Work required
Scan the entries below for the word "IfSome". Copy out every line in which it occurs.

Provided records
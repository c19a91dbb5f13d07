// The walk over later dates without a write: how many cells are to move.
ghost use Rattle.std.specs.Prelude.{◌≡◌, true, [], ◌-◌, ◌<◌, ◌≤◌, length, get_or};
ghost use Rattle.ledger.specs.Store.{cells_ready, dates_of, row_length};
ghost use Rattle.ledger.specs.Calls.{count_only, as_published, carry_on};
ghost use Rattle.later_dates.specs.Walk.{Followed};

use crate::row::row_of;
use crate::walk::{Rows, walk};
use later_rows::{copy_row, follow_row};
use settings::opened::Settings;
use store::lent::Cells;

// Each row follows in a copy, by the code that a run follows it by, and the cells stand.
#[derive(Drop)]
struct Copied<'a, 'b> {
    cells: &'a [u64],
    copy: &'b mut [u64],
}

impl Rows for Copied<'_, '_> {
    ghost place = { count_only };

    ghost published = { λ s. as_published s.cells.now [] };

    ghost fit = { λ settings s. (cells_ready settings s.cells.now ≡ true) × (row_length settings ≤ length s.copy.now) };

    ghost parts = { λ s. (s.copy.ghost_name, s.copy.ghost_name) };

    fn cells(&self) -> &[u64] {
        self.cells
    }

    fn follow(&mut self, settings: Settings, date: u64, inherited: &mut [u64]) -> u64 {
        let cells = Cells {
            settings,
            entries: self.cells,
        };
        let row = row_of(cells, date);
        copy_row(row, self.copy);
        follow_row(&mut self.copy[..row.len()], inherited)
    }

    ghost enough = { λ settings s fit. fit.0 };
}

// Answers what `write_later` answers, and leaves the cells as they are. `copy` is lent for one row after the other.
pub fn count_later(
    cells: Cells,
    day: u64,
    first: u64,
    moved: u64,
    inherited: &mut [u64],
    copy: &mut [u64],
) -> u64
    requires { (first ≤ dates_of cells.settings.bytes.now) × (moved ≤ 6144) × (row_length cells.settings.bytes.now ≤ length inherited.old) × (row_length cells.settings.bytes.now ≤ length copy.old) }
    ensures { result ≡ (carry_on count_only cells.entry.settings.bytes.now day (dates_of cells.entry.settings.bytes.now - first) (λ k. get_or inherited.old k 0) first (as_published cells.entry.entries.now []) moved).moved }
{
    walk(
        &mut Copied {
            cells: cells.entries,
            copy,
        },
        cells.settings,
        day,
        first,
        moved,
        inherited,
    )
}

==

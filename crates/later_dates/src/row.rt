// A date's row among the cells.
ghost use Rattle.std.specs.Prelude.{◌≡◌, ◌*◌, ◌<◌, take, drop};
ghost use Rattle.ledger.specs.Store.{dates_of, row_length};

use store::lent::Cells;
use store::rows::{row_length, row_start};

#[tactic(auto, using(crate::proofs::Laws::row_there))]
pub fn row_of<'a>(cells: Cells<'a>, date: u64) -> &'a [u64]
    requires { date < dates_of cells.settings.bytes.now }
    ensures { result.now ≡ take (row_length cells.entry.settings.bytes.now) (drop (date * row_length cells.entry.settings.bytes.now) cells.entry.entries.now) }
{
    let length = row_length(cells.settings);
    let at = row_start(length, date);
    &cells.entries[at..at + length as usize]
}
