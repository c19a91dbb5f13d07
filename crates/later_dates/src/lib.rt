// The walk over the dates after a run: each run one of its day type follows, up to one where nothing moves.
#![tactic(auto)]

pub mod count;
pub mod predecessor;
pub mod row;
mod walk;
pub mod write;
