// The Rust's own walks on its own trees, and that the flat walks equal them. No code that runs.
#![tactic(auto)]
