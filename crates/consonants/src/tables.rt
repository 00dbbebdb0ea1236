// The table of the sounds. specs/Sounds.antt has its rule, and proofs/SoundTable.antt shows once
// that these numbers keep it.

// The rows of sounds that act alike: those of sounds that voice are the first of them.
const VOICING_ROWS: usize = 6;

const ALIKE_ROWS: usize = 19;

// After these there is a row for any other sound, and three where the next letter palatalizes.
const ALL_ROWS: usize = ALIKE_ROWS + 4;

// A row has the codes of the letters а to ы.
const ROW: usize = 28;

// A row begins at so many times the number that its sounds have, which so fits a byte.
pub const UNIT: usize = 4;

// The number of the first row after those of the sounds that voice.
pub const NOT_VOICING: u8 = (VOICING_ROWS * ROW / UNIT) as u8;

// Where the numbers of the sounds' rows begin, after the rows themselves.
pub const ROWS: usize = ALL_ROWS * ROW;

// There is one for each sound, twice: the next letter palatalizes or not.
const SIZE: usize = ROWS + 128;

==

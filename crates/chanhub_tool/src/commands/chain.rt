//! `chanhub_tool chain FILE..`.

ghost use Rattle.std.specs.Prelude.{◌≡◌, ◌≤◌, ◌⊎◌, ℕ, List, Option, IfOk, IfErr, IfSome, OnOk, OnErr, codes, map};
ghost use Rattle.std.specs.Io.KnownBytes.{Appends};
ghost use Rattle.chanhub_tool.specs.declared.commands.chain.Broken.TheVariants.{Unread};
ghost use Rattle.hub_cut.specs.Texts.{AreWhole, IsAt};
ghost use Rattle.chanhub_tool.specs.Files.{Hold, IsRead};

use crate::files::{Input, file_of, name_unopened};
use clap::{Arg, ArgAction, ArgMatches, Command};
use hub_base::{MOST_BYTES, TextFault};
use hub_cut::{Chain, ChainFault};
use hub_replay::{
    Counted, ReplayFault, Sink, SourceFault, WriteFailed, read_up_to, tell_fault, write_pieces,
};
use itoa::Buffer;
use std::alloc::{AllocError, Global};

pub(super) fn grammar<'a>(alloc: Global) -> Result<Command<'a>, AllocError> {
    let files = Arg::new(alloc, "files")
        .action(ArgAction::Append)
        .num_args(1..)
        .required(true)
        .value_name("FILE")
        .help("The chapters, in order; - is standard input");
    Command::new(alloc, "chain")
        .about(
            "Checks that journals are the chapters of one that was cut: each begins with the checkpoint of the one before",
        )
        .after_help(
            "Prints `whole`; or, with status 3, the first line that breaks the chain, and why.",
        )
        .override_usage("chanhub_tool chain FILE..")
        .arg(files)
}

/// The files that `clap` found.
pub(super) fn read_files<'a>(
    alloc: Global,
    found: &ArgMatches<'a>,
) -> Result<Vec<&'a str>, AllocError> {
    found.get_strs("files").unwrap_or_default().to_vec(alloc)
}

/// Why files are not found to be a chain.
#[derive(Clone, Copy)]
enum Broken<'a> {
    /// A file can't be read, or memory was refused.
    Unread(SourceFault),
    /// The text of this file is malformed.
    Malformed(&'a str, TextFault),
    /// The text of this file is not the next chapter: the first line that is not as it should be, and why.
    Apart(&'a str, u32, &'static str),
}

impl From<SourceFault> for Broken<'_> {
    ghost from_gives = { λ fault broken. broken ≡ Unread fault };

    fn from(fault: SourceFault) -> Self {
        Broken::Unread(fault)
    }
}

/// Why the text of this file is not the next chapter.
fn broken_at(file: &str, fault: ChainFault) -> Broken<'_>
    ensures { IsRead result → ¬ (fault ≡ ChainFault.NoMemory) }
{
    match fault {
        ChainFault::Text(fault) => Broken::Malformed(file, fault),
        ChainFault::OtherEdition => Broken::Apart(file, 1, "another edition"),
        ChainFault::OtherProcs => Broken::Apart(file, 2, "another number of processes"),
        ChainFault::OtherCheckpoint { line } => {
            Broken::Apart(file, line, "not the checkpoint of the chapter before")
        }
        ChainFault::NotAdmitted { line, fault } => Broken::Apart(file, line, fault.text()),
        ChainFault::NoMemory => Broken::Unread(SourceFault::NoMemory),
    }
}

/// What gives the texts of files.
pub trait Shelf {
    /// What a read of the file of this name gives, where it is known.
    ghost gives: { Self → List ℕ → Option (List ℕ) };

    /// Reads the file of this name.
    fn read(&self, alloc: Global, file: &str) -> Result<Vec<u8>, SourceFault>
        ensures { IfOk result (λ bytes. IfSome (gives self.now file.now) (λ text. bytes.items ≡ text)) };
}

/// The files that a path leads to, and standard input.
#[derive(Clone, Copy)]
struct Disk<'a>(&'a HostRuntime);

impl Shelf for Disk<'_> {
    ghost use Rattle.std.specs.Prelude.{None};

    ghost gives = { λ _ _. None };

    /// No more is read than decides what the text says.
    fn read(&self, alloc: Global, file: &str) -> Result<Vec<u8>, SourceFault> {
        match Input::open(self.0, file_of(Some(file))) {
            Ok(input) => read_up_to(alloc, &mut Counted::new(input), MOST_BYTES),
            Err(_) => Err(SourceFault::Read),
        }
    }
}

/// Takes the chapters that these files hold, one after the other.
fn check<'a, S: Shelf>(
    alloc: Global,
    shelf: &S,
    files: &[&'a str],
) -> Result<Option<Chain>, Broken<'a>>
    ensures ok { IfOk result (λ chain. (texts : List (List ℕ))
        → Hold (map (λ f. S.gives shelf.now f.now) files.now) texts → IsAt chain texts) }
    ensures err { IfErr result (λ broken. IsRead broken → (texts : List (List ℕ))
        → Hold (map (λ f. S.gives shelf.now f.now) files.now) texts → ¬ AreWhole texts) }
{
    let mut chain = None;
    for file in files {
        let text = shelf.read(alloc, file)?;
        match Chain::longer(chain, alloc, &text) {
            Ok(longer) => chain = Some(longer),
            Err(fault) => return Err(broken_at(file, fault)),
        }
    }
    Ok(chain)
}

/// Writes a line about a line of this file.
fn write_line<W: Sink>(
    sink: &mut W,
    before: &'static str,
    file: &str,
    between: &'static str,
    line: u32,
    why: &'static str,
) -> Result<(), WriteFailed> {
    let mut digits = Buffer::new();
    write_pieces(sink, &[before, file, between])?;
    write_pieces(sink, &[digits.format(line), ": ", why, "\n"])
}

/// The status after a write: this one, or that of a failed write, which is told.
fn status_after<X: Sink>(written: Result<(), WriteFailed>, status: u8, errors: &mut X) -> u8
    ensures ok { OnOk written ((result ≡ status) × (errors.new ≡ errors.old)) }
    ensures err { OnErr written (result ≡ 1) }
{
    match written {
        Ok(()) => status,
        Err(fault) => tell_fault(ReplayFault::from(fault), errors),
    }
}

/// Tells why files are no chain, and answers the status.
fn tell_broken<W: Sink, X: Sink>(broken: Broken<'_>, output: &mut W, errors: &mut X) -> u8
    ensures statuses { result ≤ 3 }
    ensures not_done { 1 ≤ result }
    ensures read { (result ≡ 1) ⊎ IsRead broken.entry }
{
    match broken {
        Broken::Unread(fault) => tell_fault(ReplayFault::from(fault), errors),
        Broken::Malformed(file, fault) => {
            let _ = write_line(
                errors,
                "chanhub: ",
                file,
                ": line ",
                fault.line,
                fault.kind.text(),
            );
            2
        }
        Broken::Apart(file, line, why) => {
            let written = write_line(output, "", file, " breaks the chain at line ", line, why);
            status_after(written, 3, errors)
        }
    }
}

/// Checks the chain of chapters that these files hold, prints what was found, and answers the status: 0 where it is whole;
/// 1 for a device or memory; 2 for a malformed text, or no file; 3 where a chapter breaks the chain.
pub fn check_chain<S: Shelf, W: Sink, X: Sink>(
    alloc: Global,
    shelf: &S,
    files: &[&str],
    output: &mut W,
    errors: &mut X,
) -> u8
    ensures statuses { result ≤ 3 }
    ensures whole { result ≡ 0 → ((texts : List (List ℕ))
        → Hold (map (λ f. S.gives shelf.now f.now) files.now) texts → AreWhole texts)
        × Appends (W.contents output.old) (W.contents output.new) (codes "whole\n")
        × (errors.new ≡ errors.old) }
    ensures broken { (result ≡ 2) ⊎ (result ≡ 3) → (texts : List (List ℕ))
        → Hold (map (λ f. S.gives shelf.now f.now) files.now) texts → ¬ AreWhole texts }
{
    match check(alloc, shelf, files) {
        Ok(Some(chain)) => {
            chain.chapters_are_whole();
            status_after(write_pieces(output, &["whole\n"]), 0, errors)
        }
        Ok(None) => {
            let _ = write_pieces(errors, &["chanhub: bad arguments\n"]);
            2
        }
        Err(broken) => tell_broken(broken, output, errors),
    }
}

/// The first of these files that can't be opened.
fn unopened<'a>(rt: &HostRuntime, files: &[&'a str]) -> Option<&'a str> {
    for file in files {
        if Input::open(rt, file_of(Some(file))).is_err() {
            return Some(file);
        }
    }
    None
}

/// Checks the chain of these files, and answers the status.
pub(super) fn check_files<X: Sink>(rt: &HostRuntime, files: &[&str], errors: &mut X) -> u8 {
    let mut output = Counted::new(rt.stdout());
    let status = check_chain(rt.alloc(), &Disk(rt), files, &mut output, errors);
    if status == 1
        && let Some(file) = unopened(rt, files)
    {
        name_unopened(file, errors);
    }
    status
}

Answer area
ghost use Rattle.std.specs.Prelude.{◌≡◌, ◌≤◌, ◌⊎◌, ℕ, List, Option, IfOk, IfErr, IfSome, OnOk, OnErr, codes, map};
        ensures { IfOk result (λ bytes. IfSome (gives self.now file.now) (λ text. bytes.items ≡ text)) };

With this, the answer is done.